Collected data:
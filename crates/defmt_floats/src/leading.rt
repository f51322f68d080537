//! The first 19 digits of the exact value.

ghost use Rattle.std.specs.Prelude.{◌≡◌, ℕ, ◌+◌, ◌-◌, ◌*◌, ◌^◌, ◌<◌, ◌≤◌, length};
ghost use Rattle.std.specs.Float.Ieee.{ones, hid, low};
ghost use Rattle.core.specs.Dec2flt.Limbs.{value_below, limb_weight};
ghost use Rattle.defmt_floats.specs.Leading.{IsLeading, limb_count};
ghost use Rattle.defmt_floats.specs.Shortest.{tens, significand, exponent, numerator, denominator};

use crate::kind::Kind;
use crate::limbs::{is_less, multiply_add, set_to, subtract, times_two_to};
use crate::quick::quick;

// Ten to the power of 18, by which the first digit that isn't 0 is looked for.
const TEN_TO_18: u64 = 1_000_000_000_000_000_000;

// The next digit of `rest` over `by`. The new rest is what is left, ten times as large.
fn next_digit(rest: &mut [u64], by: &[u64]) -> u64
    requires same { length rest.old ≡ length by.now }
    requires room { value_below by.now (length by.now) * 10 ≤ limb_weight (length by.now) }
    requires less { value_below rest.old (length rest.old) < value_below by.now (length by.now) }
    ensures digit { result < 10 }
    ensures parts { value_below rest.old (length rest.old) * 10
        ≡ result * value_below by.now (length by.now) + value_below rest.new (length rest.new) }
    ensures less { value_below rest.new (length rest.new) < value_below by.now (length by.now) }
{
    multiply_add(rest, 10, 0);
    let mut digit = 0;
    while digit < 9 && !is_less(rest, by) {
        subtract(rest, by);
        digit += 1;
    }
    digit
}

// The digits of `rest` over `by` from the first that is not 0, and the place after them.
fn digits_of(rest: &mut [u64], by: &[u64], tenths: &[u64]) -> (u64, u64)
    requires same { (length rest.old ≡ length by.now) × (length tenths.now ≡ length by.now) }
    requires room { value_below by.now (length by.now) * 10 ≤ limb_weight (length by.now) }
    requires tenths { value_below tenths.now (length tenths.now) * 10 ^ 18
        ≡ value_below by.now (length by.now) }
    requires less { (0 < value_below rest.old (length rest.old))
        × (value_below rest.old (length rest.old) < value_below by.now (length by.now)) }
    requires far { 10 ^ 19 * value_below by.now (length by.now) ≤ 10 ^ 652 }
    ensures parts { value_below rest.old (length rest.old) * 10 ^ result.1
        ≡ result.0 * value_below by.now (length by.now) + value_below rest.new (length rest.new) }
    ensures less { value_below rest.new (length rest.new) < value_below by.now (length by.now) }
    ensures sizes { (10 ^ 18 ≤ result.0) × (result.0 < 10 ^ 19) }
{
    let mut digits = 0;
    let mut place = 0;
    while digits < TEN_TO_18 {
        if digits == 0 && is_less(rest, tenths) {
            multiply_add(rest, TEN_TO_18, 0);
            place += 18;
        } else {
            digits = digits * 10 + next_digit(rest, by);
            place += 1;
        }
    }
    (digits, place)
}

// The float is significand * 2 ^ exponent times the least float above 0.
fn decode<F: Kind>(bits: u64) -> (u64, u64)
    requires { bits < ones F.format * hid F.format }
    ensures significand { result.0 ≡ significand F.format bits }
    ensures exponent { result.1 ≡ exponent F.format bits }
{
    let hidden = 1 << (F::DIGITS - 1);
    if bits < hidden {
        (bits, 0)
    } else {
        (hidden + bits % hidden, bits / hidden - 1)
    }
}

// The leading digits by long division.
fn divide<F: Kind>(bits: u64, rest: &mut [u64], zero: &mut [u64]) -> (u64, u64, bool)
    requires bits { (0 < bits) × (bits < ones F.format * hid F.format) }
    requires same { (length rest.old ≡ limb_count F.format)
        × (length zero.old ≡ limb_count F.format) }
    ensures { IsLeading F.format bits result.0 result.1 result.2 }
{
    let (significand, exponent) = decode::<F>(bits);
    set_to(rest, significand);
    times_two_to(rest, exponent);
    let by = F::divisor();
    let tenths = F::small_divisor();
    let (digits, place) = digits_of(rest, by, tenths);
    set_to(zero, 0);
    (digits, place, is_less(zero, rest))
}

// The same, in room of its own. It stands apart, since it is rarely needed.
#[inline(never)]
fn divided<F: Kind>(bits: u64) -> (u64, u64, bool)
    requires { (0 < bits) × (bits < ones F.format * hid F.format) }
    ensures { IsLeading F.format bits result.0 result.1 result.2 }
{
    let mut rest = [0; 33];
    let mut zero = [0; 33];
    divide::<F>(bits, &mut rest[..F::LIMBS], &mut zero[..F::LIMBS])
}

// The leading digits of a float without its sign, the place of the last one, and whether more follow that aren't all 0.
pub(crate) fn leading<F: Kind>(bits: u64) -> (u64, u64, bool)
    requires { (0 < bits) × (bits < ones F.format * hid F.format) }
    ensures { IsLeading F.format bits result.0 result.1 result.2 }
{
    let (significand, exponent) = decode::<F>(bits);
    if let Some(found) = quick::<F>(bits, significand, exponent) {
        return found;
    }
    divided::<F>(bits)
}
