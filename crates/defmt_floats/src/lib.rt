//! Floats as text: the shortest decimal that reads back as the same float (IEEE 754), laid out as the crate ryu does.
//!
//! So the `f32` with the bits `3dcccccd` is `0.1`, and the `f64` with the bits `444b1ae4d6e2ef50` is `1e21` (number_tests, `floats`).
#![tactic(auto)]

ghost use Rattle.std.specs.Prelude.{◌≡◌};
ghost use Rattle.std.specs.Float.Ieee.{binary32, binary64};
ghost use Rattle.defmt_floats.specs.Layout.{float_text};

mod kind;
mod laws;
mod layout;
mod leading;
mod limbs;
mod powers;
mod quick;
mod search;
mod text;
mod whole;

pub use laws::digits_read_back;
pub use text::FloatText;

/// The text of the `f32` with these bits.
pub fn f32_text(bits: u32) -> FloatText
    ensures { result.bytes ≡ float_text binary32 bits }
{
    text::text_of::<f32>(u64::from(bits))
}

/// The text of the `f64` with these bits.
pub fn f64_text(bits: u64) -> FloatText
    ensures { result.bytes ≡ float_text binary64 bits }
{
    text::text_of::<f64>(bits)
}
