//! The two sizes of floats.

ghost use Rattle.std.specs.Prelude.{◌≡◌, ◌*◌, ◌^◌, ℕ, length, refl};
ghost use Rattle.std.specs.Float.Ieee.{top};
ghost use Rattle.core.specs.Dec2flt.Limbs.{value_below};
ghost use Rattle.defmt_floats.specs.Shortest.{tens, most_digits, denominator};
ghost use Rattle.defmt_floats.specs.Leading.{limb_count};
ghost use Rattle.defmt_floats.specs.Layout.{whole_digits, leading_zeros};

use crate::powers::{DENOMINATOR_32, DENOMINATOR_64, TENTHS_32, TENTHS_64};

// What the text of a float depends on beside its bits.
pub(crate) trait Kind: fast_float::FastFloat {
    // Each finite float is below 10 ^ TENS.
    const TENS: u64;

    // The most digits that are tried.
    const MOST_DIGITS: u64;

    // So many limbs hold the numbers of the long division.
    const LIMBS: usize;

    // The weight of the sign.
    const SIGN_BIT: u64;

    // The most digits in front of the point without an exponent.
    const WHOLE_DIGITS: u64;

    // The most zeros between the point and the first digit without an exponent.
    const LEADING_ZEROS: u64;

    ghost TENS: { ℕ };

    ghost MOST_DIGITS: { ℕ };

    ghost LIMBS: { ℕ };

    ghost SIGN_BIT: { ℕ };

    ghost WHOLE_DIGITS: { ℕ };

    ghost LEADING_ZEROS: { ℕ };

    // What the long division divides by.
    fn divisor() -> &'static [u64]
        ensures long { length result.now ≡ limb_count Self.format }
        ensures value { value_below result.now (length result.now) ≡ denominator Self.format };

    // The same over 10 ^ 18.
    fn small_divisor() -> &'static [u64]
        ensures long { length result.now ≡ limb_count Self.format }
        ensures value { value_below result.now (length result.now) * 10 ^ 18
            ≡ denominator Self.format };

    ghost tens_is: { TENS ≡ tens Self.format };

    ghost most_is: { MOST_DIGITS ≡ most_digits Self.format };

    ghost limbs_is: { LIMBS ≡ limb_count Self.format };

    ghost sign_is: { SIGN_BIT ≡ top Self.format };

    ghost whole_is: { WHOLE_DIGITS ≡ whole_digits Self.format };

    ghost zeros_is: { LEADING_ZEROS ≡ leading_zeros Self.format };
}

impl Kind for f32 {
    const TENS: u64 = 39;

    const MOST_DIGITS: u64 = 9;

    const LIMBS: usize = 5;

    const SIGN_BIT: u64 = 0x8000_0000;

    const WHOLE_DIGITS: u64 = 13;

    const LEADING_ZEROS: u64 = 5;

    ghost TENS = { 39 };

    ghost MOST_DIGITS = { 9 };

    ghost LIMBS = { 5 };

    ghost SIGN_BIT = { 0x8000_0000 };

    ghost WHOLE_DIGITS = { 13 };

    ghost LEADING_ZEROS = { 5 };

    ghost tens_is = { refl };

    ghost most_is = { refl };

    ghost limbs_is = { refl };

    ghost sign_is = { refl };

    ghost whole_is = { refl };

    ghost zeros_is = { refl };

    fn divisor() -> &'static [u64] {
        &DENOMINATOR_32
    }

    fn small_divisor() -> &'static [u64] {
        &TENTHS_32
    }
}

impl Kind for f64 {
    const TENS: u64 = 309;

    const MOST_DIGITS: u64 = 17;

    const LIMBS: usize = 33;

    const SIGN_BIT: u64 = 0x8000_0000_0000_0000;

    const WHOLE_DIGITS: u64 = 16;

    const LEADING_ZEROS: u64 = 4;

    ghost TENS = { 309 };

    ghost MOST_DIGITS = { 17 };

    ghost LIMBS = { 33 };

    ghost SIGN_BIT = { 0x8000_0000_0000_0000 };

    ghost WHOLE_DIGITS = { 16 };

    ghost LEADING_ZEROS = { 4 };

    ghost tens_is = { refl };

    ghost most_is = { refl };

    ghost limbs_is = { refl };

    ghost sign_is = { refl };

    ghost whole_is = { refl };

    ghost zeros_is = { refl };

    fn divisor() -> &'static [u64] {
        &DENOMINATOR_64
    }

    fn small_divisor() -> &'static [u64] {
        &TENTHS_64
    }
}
---
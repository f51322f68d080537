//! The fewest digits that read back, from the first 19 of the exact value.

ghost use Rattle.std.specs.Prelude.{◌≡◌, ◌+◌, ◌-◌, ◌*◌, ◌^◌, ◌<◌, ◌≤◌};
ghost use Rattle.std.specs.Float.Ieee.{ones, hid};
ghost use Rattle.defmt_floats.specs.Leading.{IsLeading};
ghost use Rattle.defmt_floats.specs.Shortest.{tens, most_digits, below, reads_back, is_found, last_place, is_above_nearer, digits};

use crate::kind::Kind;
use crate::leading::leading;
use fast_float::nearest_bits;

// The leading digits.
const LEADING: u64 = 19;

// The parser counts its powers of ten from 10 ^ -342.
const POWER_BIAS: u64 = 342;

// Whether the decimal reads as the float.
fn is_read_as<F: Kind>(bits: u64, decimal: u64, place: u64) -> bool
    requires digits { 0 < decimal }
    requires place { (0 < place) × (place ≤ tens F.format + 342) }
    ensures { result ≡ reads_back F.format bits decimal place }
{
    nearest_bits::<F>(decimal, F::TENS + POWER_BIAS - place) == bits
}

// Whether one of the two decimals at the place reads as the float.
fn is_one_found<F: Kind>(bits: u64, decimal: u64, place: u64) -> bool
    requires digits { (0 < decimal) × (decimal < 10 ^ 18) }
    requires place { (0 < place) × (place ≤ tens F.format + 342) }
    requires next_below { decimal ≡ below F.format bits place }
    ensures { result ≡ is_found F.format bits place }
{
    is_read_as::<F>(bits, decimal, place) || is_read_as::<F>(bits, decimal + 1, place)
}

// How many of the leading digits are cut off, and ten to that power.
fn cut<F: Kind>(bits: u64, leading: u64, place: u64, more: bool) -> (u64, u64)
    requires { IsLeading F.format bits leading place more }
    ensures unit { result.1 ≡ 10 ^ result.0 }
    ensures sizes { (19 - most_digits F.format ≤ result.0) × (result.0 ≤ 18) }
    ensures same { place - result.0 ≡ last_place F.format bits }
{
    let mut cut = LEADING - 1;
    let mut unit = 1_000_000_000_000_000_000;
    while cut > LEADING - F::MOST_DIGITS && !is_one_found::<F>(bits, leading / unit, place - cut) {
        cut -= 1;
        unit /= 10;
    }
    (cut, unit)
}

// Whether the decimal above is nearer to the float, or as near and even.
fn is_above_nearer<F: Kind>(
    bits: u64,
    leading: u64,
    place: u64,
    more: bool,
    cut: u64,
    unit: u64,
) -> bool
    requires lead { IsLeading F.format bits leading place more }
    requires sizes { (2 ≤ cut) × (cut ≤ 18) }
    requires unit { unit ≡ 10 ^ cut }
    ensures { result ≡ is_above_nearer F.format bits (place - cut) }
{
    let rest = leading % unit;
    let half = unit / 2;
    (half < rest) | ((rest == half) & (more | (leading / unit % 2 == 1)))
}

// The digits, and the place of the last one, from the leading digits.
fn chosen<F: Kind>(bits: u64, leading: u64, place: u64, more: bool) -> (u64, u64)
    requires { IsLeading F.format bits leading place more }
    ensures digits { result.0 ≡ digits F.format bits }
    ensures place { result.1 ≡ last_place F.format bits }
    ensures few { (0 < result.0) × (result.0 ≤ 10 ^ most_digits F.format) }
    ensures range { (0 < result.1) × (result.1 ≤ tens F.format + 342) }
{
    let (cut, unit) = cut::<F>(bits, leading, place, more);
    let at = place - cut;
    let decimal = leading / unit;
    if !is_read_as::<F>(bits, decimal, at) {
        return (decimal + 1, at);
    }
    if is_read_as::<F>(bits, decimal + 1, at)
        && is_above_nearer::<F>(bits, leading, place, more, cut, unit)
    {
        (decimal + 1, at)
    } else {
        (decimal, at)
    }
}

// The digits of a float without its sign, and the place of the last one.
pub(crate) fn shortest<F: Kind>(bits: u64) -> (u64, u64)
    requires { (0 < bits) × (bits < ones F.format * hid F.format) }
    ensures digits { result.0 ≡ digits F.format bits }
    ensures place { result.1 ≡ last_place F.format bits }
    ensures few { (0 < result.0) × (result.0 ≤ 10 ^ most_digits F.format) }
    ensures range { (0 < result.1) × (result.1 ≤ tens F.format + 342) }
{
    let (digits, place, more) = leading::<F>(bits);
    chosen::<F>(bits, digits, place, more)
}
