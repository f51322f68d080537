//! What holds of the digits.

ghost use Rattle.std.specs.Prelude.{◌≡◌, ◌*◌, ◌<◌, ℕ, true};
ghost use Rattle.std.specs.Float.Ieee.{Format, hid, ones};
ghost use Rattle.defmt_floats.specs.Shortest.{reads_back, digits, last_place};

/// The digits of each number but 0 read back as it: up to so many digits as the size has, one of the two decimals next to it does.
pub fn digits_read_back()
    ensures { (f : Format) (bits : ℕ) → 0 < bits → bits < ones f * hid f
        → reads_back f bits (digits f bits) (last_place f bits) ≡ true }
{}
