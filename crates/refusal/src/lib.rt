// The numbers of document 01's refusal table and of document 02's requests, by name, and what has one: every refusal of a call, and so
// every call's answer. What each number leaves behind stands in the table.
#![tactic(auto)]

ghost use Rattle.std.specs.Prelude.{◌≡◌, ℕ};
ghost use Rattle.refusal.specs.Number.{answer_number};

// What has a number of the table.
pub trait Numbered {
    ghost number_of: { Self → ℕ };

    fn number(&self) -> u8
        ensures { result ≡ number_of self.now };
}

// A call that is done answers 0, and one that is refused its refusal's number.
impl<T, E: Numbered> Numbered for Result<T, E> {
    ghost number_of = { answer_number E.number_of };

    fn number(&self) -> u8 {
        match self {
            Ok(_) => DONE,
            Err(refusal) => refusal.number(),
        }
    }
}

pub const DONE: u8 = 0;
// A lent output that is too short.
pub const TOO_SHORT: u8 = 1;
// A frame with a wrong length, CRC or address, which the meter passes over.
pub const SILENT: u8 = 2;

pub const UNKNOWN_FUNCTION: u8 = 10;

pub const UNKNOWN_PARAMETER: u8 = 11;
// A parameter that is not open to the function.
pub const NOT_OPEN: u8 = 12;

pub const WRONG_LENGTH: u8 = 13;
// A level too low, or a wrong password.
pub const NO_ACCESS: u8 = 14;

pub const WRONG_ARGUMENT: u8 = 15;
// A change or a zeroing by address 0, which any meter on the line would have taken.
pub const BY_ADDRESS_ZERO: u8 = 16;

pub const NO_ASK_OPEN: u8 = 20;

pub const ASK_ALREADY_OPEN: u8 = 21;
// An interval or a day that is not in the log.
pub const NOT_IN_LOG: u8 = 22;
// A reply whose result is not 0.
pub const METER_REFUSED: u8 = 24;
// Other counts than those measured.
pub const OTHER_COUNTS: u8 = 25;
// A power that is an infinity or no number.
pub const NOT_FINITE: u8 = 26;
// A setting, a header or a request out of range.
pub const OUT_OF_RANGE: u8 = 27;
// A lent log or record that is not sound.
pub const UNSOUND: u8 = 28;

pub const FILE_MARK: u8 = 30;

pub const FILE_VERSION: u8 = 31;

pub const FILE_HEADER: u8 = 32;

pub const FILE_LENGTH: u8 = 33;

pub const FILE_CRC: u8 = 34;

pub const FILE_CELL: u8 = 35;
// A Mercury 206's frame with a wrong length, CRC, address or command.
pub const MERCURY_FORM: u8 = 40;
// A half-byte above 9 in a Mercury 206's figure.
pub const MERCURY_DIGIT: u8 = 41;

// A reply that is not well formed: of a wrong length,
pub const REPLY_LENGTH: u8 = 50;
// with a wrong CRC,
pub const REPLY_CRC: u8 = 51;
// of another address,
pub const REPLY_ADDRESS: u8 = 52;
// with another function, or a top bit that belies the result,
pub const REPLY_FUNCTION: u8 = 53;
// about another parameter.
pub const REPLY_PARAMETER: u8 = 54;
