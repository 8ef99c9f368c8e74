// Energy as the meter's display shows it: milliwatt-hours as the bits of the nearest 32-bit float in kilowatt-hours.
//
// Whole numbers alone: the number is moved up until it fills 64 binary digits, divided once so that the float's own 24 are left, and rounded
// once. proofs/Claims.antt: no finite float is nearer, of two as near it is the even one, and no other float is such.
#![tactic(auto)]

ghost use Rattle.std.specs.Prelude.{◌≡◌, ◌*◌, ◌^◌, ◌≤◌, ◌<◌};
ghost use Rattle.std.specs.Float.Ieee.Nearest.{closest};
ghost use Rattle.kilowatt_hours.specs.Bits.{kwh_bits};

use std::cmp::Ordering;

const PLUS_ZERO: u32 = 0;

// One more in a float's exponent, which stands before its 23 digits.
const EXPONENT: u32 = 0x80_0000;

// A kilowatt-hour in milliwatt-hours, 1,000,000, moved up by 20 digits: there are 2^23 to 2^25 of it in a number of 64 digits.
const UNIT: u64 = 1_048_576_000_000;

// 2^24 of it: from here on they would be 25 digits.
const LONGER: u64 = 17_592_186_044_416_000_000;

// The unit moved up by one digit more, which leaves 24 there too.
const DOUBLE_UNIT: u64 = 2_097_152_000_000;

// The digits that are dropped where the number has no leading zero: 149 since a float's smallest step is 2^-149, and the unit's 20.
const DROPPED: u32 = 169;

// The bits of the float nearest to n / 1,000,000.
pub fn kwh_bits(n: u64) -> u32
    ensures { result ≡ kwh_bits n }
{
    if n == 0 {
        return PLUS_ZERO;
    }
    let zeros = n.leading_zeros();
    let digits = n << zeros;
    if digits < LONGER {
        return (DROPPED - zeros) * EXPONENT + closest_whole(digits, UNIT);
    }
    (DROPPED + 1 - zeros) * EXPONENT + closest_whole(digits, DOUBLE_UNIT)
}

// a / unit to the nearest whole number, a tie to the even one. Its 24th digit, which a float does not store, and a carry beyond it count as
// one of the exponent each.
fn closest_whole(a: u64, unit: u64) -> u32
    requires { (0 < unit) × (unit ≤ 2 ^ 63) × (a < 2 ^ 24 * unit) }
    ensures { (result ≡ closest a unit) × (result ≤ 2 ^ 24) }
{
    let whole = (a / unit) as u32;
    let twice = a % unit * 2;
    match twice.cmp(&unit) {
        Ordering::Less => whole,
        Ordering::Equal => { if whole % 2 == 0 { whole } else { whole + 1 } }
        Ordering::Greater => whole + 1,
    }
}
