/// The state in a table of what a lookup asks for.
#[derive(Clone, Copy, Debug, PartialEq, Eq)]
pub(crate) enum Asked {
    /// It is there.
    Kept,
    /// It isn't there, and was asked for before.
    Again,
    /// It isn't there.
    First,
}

* _Activity_:
If a line contains the word "true", it counts; say how many such lines the records hold, and give only that number.

* _Result for this exercise_:
2